### WHAT TO DO
Show, from the entries below, every line in which "takes" appears.

Stored data

⟨

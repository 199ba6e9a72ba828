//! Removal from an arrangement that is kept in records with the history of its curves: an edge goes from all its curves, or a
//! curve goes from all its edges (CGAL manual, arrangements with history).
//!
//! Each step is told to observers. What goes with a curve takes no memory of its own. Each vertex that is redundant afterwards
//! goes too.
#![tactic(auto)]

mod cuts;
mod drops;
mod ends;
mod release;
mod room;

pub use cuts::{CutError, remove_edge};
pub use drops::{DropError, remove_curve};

⟩
⟨

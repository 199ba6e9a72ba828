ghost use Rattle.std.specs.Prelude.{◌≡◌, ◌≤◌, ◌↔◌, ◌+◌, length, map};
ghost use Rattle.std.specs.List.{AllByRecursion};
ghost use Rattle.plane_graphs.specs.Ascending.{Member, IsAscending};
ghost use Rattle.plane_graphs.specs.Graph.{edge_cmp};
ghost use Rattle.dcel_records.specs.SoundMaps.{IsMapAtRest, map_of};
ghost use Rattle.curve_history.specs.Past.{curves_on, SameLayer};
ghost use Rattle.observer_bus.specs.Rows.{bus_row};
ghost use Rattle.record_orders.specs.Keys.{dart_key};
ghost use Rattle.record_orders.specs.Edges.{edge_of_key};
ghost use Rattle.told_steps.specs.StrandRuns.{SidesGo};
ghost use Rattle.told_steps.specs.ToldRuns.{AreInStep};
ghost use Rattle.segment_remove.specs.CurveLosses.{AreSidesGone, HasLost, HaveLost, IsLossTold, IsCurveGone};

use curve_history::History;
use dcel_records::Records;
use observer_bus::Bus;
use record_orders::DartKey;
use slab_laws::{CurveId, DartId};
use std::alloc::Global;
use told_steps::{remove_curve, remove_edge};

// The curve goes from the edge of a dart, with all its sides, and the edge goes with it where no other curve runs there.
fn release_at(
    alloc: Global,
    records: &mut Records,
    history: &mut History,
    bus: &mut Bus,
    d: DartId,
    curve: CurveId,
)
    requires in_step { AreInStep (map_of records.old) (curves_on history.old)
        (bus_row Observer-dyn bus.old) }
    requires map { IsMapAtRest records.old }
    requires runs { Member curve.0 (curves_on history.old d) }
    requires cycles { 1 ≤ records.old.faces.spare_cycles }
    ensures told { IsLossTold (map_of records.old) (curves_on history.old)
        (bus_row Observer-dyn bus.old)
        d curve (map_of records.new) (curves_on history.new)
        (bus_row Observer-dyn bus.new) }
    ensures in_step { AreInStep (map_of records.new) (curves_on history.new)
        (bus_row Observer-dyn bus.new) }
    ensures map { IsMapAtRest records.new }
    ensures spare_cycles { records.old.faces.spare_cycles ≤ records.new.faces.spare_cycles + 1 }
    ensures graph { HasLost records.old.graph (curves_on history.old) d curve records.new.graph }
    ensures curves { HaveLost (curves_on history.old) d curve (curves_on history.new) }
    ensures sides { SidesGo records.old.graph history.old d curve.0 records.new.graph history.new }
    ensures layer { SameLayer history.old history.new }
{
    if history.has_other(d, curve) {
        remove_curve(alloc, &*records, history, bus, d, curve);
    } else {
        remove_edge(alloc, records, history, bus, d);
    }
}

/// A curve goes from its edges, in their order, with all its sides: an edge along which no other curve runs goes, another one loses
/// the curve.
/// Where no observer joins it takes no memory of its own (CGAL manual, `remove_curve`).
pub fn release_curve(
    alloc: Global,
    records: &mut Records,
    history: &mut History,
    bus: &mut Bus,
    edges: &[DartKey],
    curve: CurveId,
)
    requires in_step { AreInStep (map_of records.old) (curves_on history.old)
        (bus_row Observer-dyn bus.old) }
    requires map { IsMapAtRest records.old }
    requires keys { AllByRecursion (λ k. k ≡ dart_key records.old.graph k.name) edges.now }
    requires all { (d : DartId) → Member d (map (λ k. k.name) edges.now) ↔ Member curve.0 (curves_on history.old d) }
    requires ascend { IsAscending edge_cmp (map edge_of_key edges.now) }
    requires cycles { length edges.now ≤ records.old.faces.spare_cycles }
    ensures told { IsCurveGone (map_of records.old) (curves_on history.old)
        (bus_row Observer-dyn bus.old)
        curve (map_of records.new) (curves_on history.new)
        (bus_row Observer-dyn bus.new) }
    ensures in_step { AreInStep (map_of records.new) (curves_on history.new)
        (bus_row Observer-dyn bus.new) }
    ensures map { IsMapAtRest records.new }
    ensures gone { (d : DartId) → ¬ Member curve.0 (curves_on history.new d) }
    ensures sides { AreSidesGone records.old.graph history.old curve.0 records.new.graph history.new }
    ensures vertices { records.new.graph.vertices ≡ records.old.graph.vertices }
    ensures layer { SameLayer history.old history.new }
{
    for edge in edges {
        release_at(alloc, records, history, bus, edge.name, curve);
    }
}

⟩
⟨

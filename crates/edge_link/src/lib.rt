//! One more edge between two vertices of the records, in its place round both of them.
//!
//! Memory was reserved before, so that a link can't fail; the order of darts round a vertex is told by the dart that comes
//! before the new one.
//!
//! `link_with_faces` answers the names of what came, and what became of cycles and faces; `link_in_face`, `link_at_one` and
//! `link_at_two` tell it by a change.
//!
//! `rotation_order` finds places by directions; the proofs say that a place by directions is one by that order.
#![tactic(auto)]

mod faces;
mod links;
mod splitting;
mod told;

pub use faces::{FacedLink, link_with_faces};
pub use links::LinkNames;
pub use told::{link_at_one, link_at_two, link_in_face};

⟩

### ANSWER TO THIS TASK
//! Each step is told to observers. What goes with a curve takes no memory of its own. Each vertex that is redundant afterwards
/// Where no observer joins it takes no memory of its own (CGAL manual, `remove_curve`).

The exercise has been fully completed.